Stored dataset items:
╭──

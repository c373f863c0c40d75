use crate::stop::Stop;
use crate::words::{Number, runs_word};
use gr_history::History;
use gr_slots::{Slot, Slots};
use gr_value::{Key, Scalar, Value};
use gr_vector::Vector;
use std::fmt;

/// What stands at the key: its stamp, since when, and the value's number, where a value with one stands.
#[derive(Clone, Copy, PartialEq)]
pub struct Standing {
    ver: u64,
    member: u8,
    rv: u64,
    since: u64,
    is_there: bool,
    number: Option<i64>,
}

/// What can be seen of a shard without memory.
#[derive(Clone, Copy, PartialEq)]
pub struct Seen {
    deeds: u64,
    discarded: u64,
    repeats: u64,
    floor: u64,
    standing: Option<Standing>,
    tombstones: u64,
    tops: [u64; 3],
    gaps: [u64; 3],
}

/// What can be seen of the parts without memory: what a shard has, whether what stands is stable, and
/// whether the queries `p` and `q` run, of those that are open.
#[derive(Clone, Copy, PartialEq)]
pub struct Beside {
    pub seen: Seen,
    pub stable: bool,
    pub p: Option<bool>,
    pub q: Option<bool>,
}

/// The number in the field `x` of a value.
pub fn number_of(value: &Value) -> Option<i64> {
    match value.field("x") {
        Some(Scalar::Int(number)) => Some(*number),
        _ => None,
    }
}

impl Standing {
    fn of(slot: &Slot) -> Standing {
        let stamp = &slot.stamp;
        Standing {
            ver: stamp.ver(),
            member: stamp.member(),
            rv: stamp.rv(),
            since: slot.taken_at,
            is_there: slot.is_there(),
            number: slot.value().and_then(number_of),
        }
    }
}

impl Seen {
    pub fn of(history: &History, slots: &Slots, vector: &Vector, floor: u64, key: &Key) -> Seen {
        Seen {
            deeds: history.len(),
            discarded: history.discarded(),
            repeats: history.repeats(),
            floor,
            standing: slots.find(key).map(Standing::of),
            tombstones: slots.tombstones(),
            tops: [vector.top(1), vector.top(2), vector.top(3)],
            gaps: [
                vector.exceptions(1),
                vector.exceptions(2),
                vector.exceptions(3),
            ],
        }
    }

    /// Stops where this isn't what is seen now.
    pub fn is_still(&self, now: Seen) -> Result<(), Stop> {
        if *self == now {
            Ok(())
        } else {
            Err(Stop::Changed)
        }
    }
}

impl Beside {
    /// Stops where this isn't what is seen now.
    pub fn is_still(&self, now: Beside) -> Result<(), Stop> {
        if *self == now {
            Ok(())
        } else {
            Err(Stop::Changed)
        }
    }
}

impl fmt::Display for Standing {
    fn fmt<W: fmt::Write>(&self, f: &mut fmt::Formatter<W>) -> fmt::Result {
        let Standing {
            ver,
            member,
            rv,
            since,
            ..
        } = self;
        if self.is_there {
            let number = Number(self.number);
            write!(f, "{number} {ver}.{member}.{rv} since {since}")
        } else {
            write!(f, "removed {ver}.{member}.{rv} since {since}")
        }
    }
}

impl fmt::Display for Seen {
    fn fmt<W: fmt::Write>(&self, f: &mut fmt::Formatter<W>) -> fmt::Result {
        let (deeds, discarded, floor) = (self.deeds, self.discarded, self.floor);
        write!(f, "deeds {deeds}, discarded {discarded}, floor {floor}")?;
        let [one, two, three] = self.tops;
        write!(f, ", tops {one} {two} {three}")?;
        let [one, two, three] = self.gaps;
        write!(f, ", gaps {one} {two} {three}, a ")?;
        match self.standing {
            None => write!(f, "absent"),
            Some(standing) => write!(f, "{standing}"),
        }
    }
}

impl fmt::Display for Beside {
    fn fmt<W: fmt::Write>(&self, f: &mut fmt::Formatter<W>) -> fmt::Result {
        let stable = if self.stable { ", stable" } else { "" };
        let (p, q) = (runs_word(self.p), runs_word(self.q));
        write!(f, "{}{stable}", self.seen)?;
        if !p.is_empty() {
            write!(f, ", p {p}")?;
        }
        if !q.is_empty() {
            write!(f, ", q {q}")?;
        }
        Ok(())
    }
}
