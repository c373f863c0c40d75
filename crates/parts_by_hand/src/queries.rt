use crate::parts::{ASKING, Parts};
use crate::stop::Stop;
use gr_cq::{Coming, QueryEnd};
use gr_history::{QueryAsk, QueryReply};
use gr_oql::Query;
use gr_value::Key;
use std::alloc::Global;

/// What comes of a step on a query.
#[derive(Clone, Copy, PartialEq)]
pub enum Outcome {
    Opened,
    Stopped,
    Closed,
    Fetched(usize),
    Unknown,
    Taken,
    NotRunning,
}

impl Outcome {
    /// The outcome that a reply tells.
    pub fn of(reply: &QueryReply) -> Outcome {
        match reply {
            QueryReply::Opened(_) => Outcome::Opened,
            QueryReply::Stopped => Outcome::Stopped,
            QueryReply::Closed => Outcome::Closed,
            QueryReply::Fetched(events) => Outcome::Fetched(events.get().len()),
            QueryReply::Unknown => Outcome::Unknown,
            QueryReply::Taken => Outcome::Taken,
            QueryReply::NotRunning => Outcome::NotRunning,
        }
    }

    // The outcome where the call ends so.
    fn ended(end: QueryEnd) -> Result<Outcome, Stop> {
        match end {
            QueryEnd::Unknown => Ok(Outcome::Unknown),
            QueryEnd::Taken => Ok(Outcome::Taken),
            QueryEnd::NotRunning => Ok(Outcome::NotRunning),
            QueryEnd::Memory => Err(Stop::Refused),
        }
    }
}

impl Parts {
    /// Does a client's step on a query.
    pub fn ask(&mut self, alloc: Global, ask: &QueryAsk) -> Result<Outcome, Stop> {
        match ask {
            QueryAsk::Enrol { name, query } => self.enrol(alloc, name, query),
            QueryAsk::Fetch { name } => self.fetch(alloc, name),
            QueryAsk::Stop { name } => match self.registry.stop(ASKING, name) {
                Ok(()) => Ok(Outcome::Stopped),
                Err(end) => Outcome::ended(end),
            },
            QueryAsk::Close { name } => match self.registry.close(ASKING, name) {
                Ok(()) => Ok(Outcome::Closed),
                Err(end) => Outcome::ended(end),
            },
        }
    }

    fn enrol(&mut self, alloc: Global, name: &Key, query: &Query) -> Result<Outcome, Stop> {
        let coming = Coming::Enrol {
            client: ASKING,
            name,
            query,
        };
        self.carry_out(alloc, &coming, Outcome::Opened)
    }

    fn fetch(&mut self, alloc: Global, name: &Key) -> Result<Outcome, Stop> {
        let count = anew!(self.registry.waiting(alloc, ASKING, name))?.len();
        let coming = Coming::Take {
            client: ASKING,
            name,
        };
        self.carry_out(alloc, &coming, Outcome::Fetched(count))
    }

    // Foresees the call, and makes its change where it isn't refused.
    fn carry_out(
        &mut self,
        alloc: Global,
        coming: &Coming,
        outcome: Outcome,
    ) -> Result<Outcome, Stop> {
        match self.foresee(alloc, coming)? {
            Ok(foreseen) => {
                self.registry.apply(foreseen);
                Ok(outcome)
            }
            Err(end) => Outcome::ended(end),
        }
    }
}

╰──

All lines of the records above that contain the word "stamp" are to be copied out.

/// What stands at the key: its stamp, since when, and the value's number, where a value with one stands.
        let stamp = &slot.stamp;
            ver: stamp.ver(),
            member: stamp.member(),
            rv: stamp.rv(),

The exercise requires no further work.